This weeks *BABE OF THE WEEK* is 
"*Silver Haze*" She is *20 days flowering*, one of my smaller girls (spinner type) but she has earned her spot!


----------



## Yaboii (Dec 14, 2009)

BooMeR242 said:


> sooo after seeing a couple of ur posts decided to take hte time to check out ur thread and man if i knew it was a trailor grow i wouldve been here sooner haha. thats def sick. love the creative ideas but hope it doesnt roll away! lol.
> scribed for sure gotta see how this turns out i mean u gotta b a retard not to wanna see a trailor grow.
> rep+ for the custom setup


Right on Boom! I took a bit and to check out your grows too, very nice! That backyard plant is too cool. 

I don't know too many people who would steal a trailer that's anchored down, cable through the wheels.. Only my wife and you guys know whats up, my best friend doesn't even know...


----------



## OpTikPhiber (Dec 14, 2009)

What a good idea. I gotta feeling your going to start something here! The only big issue is getting in and out for most people. Really cool idea. My one question is is this a one time thing or will you keep on growing in the "out in the driveway"?  Keep up the good work!

ps - the upside down plants are really cool and a first for me to see. +rep :>


----------



## mugsby (Dec 14, 2009)

Great idea, man! Wish I could do this myself.

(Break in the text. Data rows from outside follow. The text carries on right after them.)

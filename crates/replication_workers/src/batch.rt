//! Values in order that are handed on one by one: unlike other lists they can be taken out again. It must
//! not know what they are.

use std::alloc::Global;
use std::marker::Model;

/// Values in order, of which contracts see the list. Spare room is all that they don't see.
#[derive(Drop)]
pub struct Batch<T> {
    items: Vec<T>,
}

impl<T> Model for Batch<T> {
    ghost use Rattle.std.specs.Prelude.{List};

    ghost Value = { List T };

    ghost view = { λ batch. batch.items.items };
}

impl<T: Drop> Batch<T> {
    ghost use Rattle.std.specs.Prelude.{◌≡◌, [], ◌∷◌, ◌++◌, length, IfErr, OnErr, OnOk};

    /// No value. It takes no memory.
    pub fn new(alloc: Global) -> Self
        ensures { result ≡ [] }
    {
        Batch {
            items: Vec::new(alloc),
        }
    }

    pub fn as_slice(&self) -> &[T]
        ensures { result.now ≡ self.now }
    {
        self.items.as_slice()
    }

    pub fn len(&self) -> usize
        ensures { result ≡ length self.now }
    {
        self.items.len()
    }

    /// Puts the value at the end. Without memory it comes back.
    pub fn push(&mut self, value: T) -> Result<(), T>
        ensures ok { OnOk result (self.new ≡ self.old ++ value ∷ []) }
        ensures err { OnErr result (self.new ≡ self.old) }
        ensures back { IfErr result (λ back. back ≡ value) }
    {
        match self.items.push(value) {
            Ok(()) => Ok(()),
            Err(failed) => Err(failed.value),
        }
    }

    /// The values with all their room.
    pub fn into_items(self) -> Vec<T>
        ensures { result.items ≡ self }
    {
        let Batch { items } = self;
        items
    }
}

impl<T> From<Vec<T>> for Batch<T> {
    ghost use Rattle.std.specs.Prelude.{◌≡◌};

    ghost from_gives = { λ items batch. batch ≡ items.items };

    fn from(items: Vec<T>) -> Batch<T> {
        Batch { items }
    }
}
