//! One started worker, with the putting end of its queue.
ghost use Rattle.std.specs.Prelude.{◌≡◌, [], ◌∷◌, length, map};
ghost use Rattle.crossbeam_channel.specs.{Claims.{IsSeatAt, view}, Ends.{receives_on, sends_on}};
ghost use Rattle.published_table.specs.Views.{publisher_of};
ghost use Rattle.replication_workers.specs.{Queue.{IsPutting, jobs_of}, Replicators.{view_of}};

use crate::queue::{QueuePass, Sender};
use crate::worker::Worker;
use amt_ports::OutLink;
use published_table::View;
use std::snapshot::Snapshot;

mod running;

pub use running::{finish_slot, ready_slot, start_slot};

/// A worker that isn't started, with all the memory that it needs.
#[derive(Drop)]
pub struct ReadySlot<O: OutLink> {
    sender: Sender,
    pass: QueuePass,
    worker: Worker<O>,
    ghost seated: { IsSeatAt (sends_on sender) pass },
    ghost linked: { receives_on worker.inbox ≡ sends_on sender },
    ghost putting: { IsPutting (view pass) },
    ghost fresh: { length (jobs_of (view pass).put) ≡ 0 },
    ghost home: { map publisher_of (view pass).home ≡ publisher_of (view_of worker.replicator) ∷ [] },
}

/// A started worker, and the putting end of its queue.
pub struct Slot<O: OutLink, T> {
    sender: Sender,
    pass: QueuePass,
    started: T,
    worker: Snapshot<Worker<O>>,
    ghost seated: { IsSeatAt (sends_on sender) pass },
    ghost linked: { receives_on worker.value.inbox ≡ sends_on sender },
    ghost putting: { IsPutting (view pass) },
    ghost home: { map publisher_of (view pass).home ≡ publisher_of (view_of worker.value.replicator) ∷ [] },
}

/// What a worker left.
#[derive(Drop)]
pub struct Left<O> {
    pub out: O,
    pub view: View,
    /// How many jobs it handled.
    pub jobs: u64,
    /// How many datagrams were sent.
    pub sent: u64,
    /// How many the device didn't take.
    pub unsent: u64,
}
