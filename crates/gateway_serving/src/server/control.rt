//! How a running gateway takes lines from its control.
ghost use Rattle.std.specs.Prelude.{◌≡◌, ◌≤◌, ◌<◌, ◌+◌, ◌^◌, [], length};
ghost use Rattle.amt_ports.specs.{Bursts.{AreAsked, IsNext}, Devices.{link_at, out_at}};
ghost use Rattle.gateway_serving.specs.{Answering.{waiting_in}, Servers.{tally_in}, Stages.{ReadsLine}, Traces.{ReadsSo, at_control, at_work}};

use super::Server;
use crate::askers::Askers;
use crate::reading::{Reading, read_line};
use amt_ports::{Asked, BURST, End, Got, Link, OutLink, WAIT_MS};
use amt_values::Peer;
use std::alloc::Global;

impl Server {
    // Takes a line, and counts it: the socket call that it makes, if it makes one. Whoever sent another line is to be
    // answered after the turn, and nothing else is done then.
    fn take_line<L: Link, O: OutLink>(
        &mut self,
        alloc: Global,
        link: &mut L,
        out: &mut O,
        from: Peer,
        line: &[u8],
        askers: &mut Askers,
    )
        requires few { tally_in self.old + 1 < 2 ^ 61 }
        requires room { length (waiting_in askers.old) < 64 }
        ensures lines { ReadsLine from line.now
            (at_work self.old (link_at L.Link link.old) (L.longest_wait link.old) (out_at O.OutLink out.old))
            (at_work self.new (link_at L.Link link.new) (L.longest_wait link.new) (out_at O.OutLink out.new))
            (waiting_in askers.old) (waiting_in askers.new) }
    {
        self.counts.controls += 1;
        match read_line(alloc, self.v6, line) {
            Reading::Call(event) => self.offer(alloc, &event, link, out),
            Reading::Asking(asking) => askers.add(from, line, asking),
            Reading::Bad(reason) => {
                self.counts.bad_controls += 1;
                askers.add_bad(from, line, reason);
            }
            Reading::Starved => self.counts.count_starved(),
        }
    }

    // Asks the control once.
    fn hear_control_next<L: Link, K: Link, O: OutLink>(
        &mut self,
        alloc: Global,
        link: &mut L,
        control: &mut K,
        out: &mut O,
        buf: &mut [u8],
        askers: &mut Askers,
    ) -> Result<Asked, End>
        requires room { 65536 ≤ length buf.old }
        requires few { tally_in self.old + 1 < 2 ^ 61 }
        requires few_askers { length (waiting_in askers.old) < 64 }
        ensures lines { ReadsSo IsNext
            (at_control (at_work self.old (link_at L.Link link.old) (L.longest_wait link.old) (out_at O.OutLink out.old))
            (link_at K.Link control.old) (K.longest_wait control.old) (waiting_in askers.old))
            (at_control (at_work self.new (link_at L.Link link.new) (L.longest_wait link.new) (out_at O.OutLink out.new))
            (link_at K.Link control.new) (K.longest_wait control.new) (waiting_in askers.new))
            (length buf.old) (length buf.new) result }
    {
        match control.recv(buf, WAIT_MS) {
            Ok(Got::Datagram(from, octets)) => {
                self.take_line(alloc, link, out, from, &buf[..octets], askers);
                Ok(Asked::Something)
            }
            Ok(Got::Nothing) => Ok(Asked::Nothing),
            Ok(Got::Closed) => Err(End::Closed),
            Err(_) => Err(End::FeedFault),
        }
    }

    /// Asks the control until nothing is there, and at most 64 times.
    pub(super) fn hear_control<L: Link, K: Link, O: OutLink>(
        &mut self,
        alloc: Global,
        link: &mut L,
        control: &mut K,
        out: &mut O,
        buf: &mut [u8],
        askers: &mut Askers,
    ) -> Result<(), End>
        requires room { 65536 ≤ length buf.old }
        requires few { tally_in self.old + 128 < 2 ^ 61 }
        requires no_askers { waiting_in askers.old ≡ [] }
        ensures lines { ReadsSo AreAsked
            (at_control (at_work self.old (link_at L.Link link.old) (L.longest_wait link.old) (out_at O.OutLink out.old))
            (link_at K.Link control.old) (K.longest_wait control.old) (waiting_in askers.old))
            (at_control (at_work self.new (link_at L.Link link.new) (L.longest_wait link.new) (out_at O.OutLink out.new))
            (link_at K.Link control.new) (K.longest_wait control.new) (waiting_in askers.new))
            (length buf.old) (length buf.new) result }
    {
        for _ in 0..BURST {
            match self.hear_control_next(alloc, link, control, out, buf, askers)? {
                Asked::Something => {}
                Asked::Nothing => return Ok(()),
            }
        }
        Ok(())
    }
}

Good idea not letting people know, too. bitches is snitches!. haha. i havent grown yet, still trying to learn about it (which would be why im on here) but just this week i had a bag of that super silver haze its cool to be watching it grow now. its some good shit! have fun. defnitely subsribed!


----------



## Someguy15 (Dec 14, 2009)

Awesome idea. Wish I had that kinda space. Subscribed to see it full to the top


----------



## CaptainPointless (Dec 16, 2009)

Subscribbled! Hey, how's the grow going for the upside-down ladies? Are they growing as well as the normal ones? The reason I ask is the project I'm working on. Check out the upside-down aeroponic cabinet thread in indoor growing if you wanna know more.

Oh, and I just thought you might want to know. In 2001, the US Supreme Court declared it illegal search and seizure to use FLIR over private property without a warrant. So unless you get served with a warrant, no need to worry about the IR cameras from above. Someone correct me if I'm wrong.


----------



## IndieGrower (Dec 16, 2009)

Like the bucket idea.


----------



## jakethetank (Dec 16, 2009)

How many intake fans do you have bring fresh water in there? Ever think of puttin a ac unit in there to help lower temps? Also, how many out take fans u plan on putting in. If your having heat problems, maybe its time to cut another..


----------



## Yaboii (Dec 16, 2009)

OpTikPhiber said:


> What a good idea. I gotta feeling your going to start something here! The only big issue is getting in and out for most people. Really cool idea. My one question is is this a one time thing or will you keep on growing in the "out in the driveway"?  Keep up the good work!
> 
> ps - the upside down plants are really cool and a first for me to see. +rep :>



Thanks alot!  
It all depends on how this grow turns out If I will continue in the trailer, so far things are looking good and I am thinking yes I will do back to back to back? lol


----------



## Yaboii (Dec 16, 2009)

mugsby said:


> Great idea, man! Wish I could do this myself. Good idea not letting people know, too. bitches is snitches!. haha. i havent grown yet, still trying to learn about it (which would be why im on here) but just this week i had a bag of that super silver haze its cool to be watching it grow now. its some good shit! have fun. defnitely subsribed!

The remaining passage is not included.